- **Source material**:
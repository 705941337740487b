//! What the program says on standard error: why it ends without an answer to the drawing, and
//! beside an answer which nets cross between sections, how many nets are taken as constant, and how
//! many notes there are. The status says what matters, so nothing is promised of these lines.

use crate::named::Answer;
use crate::traced::{explain_cases, say_trace};
use diagnostics::{
    Lines, Part, explain_notes, explain_refusal, explain_section, explain_undriven, explain_words,
    part, sets_limit,
};
use draw_report::DrawOutcome;
use fault_decider::DecideOutcome;
use netlist_import::ImportOutcome;
use scald_base::{CallEnd, Outcome, Refusal, Words};
use scald_tool::Omissions;
use section_compose::{SectionsOutcome, explain_broken, list_crossings, piece_of_section};
use std::alloc::Global;
use std::io::Eprint;

/// The forms of words that the program knows.
const FORMS: &str = "usage:
    scald verify [waves|faults] [rounds=N] <DRAWING    whether the drawing keeps its constraints, with its waves and faults
    scald notes <DRAWING                               likely omissions
    scald format <DRAWING                              the drawing in its canonical form
    scald upgrade <DRAWING                             the drawing in version 2 of the language
    scald slack [worst=N] [rounds=N] <DRAWING          by how many ticks each limit is met or missed, the worst first
    scald explain [worst=N] [rounds=N] <DRAWING        the changes that come to the worst of them, and their sums
    scald margins <DRAWING                             by how much more each checker may ask for
    scald chains <DRAWING                              where each fault comes from
    scald sections <DRAWINGS                           verify of drawings with a line ===== between them, each by itself and joined
    scald decide [effort=N] [trace=I] <DRAWING         each fault shown by a run, or refuted; the run of the I-th as a trace
    scald run T SEED [case=K] [long] <DRAWING          a run of T ticks that a seed draws, 1 to 4096, or with long 1048576, as a trace
    scald vcd T SEED [case=K] [tick=1ns] <DRAWING      the same run as a value change dump, for a wave viewer
    scald judge F [long] <TRACE-AND-DRAWING            whether the trace is a run, and what breaks in it from tick F on
    scald draw [faults|waves] [rounds=N] <DRAWING      a page of the broken limits and of the waves of all cases, or of one of both
    scald draw waves under=PATH [rounds=N] <DRAWING    a page of the waves of the nets whose names begin with PATH
    scald draw case=K [rounds=N] <DRAWING              the waves of a case as a picture; K is 0 if no case is listed
    scald draw N|worst=N [rounds=N] <DRAWING           the N-th limit that is broken, or the N-th of all, as a picture
    scald import [cells] <NETLIST                      macros of a netlist that yosys wrote as JSON, or of its kinds of cells, to fill in
    scald bench N                                      what is found in a made drawing of N sections, 1 to 200";

/// What is said if memory ran out.
pub const NO_MEMORY: &str = "scald: there is not enough memory";

/// What is said if reading failed.
const UNREAD: &str = "scald: standard input could not be read";

/// What is said if writing failed.
const UNWRITTEN: &str = "scald: standard output could not be written";

/// What is said if the waves do not settle, and the words set no limit.
const UNSETTLED: &str =
    "scald: the net that is named still changes after the last round: a loop leads to it
    rounds=N with a greater N, of at most 10000000, allows more rounds";

/// What is said if the waves do not settle in the rounds that are asked for.
const UNSETTLED_WITHIN: &str =
    "scald: the net that is named still changes after the rounds that rounds=N allows
    a greater N, of at most 10000000, allows more rounds";

/// What is said if the waves of a section do not settle.
const UNSETTLED_SECTION: &str =
    "scald: the net that is named still changes after the last round: a loop leads to it
    verify of that section alone takes rounds=N, which allows more rounds";

/// What is said if more bytes came than a drawing or sections may have.
const TOO_LONG: &str = "scald: the drawing has more than 4194304 bytes";

/// What is said if no net is below the path that is asked for.
const NO_NET: &str = "scald: no net has a name that begins so";

/// What is said if there is too much to draw.
const TOO_MUCH: &str = "scald: there are more than 8192 rows or 262144 runs to draw";

/// What is said if more bytes came than a netlist may have.
const TOO_LONG_NETLIST: &str = "scald: the netlist has more than 67108864 bytes";

/// What is said if there is no run of a fault to write.
const NO_RUN: &str = "scald: there is no such fault, or no run that shows it was found";

/// What is said if there are too few or too many sections.
const BAD_COUNT: &str = "scald: there should be 2 to 64 sections, with a line ===== between them";

/// Says why there is no answer. The status says it too, so it does not matter if standard error
/// fails.
pub fn say(rt: &impl Eprint, why: &str) {
    let _ = rt.eprintln(why);
}

/// Says lines that help.
pub fn say_lines(rt: &impl Eprint, lines: &Lines) {
    let _ = rt.eprint(lines.as_str());
}

/// Says what is wrong with a text that is refused, if it was kept.
pub fn say_refusal(rt: &(impl Eprint + AllocGlobal), text: Option<&[u8]>, refusal: Refusal) {
    if let Some(text) = text {
        say_lines(rt, &explain_refusal(rt.alloc(), text, refusal));
    }
}

/// Says how many nets have neither a driver nor an assertion, and how many notes there are, if
/// there are some.
pub fn say_omissions(rt: &(impl Eprint + AllocGlobal), omissions: &Omissions) {
    say_lines(rt, &explain_undriven(rt.alloc(), omissions.undriven));
    say_lines(rt, &explain_notes(rt.alloc(), omissions.notes));
}

/// Says what is wrong with the words, and which forms there are. `number` is that of the first with
/// which no form continues, from 0, or the count of words if one is missing.
fn say_words(rt: &(impl Eprint + AllocGlobal), words: &Words, number: u32) {
    say_lines(rt, &explain_words(rt.alloc(), words, number));
    say(rt, FORMS);
}

/// Says why a call ended without its whole answer: `too_long` if more bytes came than it reads.
pub fn say_end(rt: &(impl Eprint + AllocGlobal), words: &Words, end: CallEnd, too_long: &str) {
    match end {
        CallEnd::BadWords(number) => say_words(rt, words, number),
        CallEnd::TooLong => say(rt, too_long),
        CallEnd::ReadFault => say(rt, UNREAD),
        CallEnd::WriteFault => say(rt, UNWRITTEN),
        CallEnd::NoMemory => say(rt, NO_MEMORY),
    }
}

/// Says why there is no answer to the drawing, if there is none.
fn say_outcome(
    rt: &(impl Eprint + AllocGlobal),
    words: &Words,
    text: Option<&[u8]>,
    outcome: &Outcome,
) {
    match outcome {
        Outcome::BadWords(number) => say_words(rt, words, *number),
        Outcome::TooLong => say(rt, TOO_LONG),
        Outcome::ReadFault => say(rt, UNREAD),
        Outcome::WriteFault => say(rt, UNWRITTEN),
        Outcome::NoMemory => say(rt, NO_MEMORY),
        Outcome::Refused(refusal) => say_refusal(rt, text, *refusal),
        Outcome::Unsettled { .. } if sets_limit(words) => say(rt, UNSETTLED_WITHIN),
        Outcome::Unsettled { .. } => say(rt, UNSETTLED),
        Outcome::Clean | Outcome::Faulty(_) | Outcome::Done => {}
    }
}

/// Says why there are no macros, if the call ended before they were written. If the netlist is
/// refused, the answer says why.
fn say_netlist(rt: &(impl Eprint + AllocGlobal), words: &Words, outcome: &ImportOutcome) {
    match outcome {
        ImportOutcome::Ended(end) => say_end(rt, words, *end, TOO_LONG_NETLIST),
        ImportOutcome::Done | ImportOutcome::Refused(_) => {}
    }
}

/// Says what is wrong with a section, counted from 1.
fn say_section(rt: &(impl Eprint + AllocGlobal), text: &[u8], section: u32, refusal: Refusal) {
    if let Some(piece) = piece_of_section(rt.alloc(), text, section) {
        let lines = part(text, piece.from, piece.to);
        say_lines(
            rt,
            &explain_section(rt.alloc(), text, piece.from, lines, section),
        );
        say_lines(rt, &explain_refusal(rt.alloc(), lines, refusal));
    }
}

/// Says why there is no answer to sections, if there is none, or else which nets cross between
/// them; of their text, if it was kept.
fn say_sections(
    rt: &(impl Eprint + AllocGlobal),
    words: &Words,
    text: Option<&[u8]>,
    outcome: &SectionsOutcome,
) {
    match (outcome, text) {
        (SectionsOutcome::Ended(end), _) => say_end(rt, words, *end, TOO_LONG),
        (SectionsOutcome::BadCount(_), _) => say(rt, BAD_COUNT),
        (SectionsOutcome::Unsettled { .. }, _) => say(rt, UNSETTLED_SECTION),
        (SectionsOutcome::Refused { section, refusal }, Some(text)) => {
            say_section(rt, text, *section, *refusal)
        }
        (SectionsOutcome::BadSection { .. }, Some(text)) => {
            say_lines(rt, &explain_broken(rt.alloc(), text))
        }
        (SectionsOutcome::Clean | SectionsOutcome::Faulty(_), Some(text)) => {
            say_lines(rt, &list_crossings(rt.alloc(), text))
        }
        (_, None) => {}
    }
}

/// How many limits there are that could be drawn.
fn explain_rows(alloc: Global, count: u32) -> Lines {
    let mut out = Lines::new(alloc);
    out.line(&[
        Part::Text(b"scald: there is no such limit: the last to draw is "),
        Part::Number(u64::from(count)),
    ]);
    out
}

/// Says why there is no picture, if there is none.
fn say_picture(
    rt: &(impl Eprint + AllocGlobal),
    words: &Words,
    text: Option<&[u8]>,
    outcome: &DrawOutcome,
) {
    match outcome {
        DrawOutcome::Drawing(outcome) | DrawOutcome::Limits(outcome) => {
            say_outcome(rt, words, text, outcome)
        }
        DrawOutcome::NoCase(count) => say_lines(rt, &explain_cases(rt.alloc(), *count)),
        DrawOutcome::NoRow(count) => say_lines(rt, &explain_rows(rt.alloc(), *count)),
        DrawOutcome::NoNet => say(rt, NO_NET),
        DrawOutcome::TooMuch => say(rt, TOO_MUCH),
    }
}

/// Says why there is no answer of the faults of a drawing, if there is none.
fn say_faults(
    rt: &(impl Eprint + AllocGlobal),
    words: &Words,
    text: Option<&[u8]>,
    outcome: &DecideOutcome,
) {
    match outcome {
        DecideOutcome::Ended(end) => say_end(rt, words, *end, TOO_LONG),
        DecideOutcome::Refused(refusal) => say_refusal(rt, text, *refusal),
        DecideOutcome::Unsettled { .. } => say(rt, UNSETTLED),
        DecideOutcome::NoRun => say(rt, NO_RUN),
        DecideOutcome::Settled | DecideOutcome::Faulty | DecideOutcome::Done => {}
    }
}

/// Says why there is no answer, if there is none: `text` is what was read, if that was kept.
pub fn say_answer(
    rt: &(impl Eprint + AllocGlobal),
    words: &Words,
    text: Option<&[u8]>,
    answer: &Answer,
) {
    match answer {
        Answer::Drawing(outcome) => say_outcome(rt, words, text, outcome),
        Answer::Sections(outcome) => say_sections(rt, words, text, outcome),
        Answer::Faults(outcome) => say_faults(rt, words, text, outcome),
        Answer::Run(outcome) => say_trace(rt, words, text, outcome),
        Answer::Picture(outcome) => say_picture(rt, words, text, outcome),
        Answer::Netlist(outcome) => say_netlist(rt, words, outcome),
    }
}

- **Task details**: From the listing above, repeat exactly the lines starting at the line that includes "if standard error" and ending at the line that includes "there are, if", with nothing outside that span.

- **Exercise output**:
/// Says why there is no answer. The status says it too, so it does not matter if standard error
/// fails.
pub fn say(rt: &impl Eprint, why: &str) {
    let _ = rt.eprintln(why);
}

/// Says lines that help.
pub fn say_lines(rt: &impl Eprint, lines: &Lines) {
    let _ = rt.eprint(lines.as_str());
}

/// Says what is wrong with a text that is refused, if it was kept.
pub fn say_refusal(rt: &(impl Eprint + AllocGlobal), text: Option<&[u8]>, refusal: Refusal) {
    if let Some(text) = text {
        say_lines(rt, &explain_refusal(rt.alloc(), text, refusal));
    }
}

/// Says how many nets have neither a driver nor an assertion, and how many notes there are, if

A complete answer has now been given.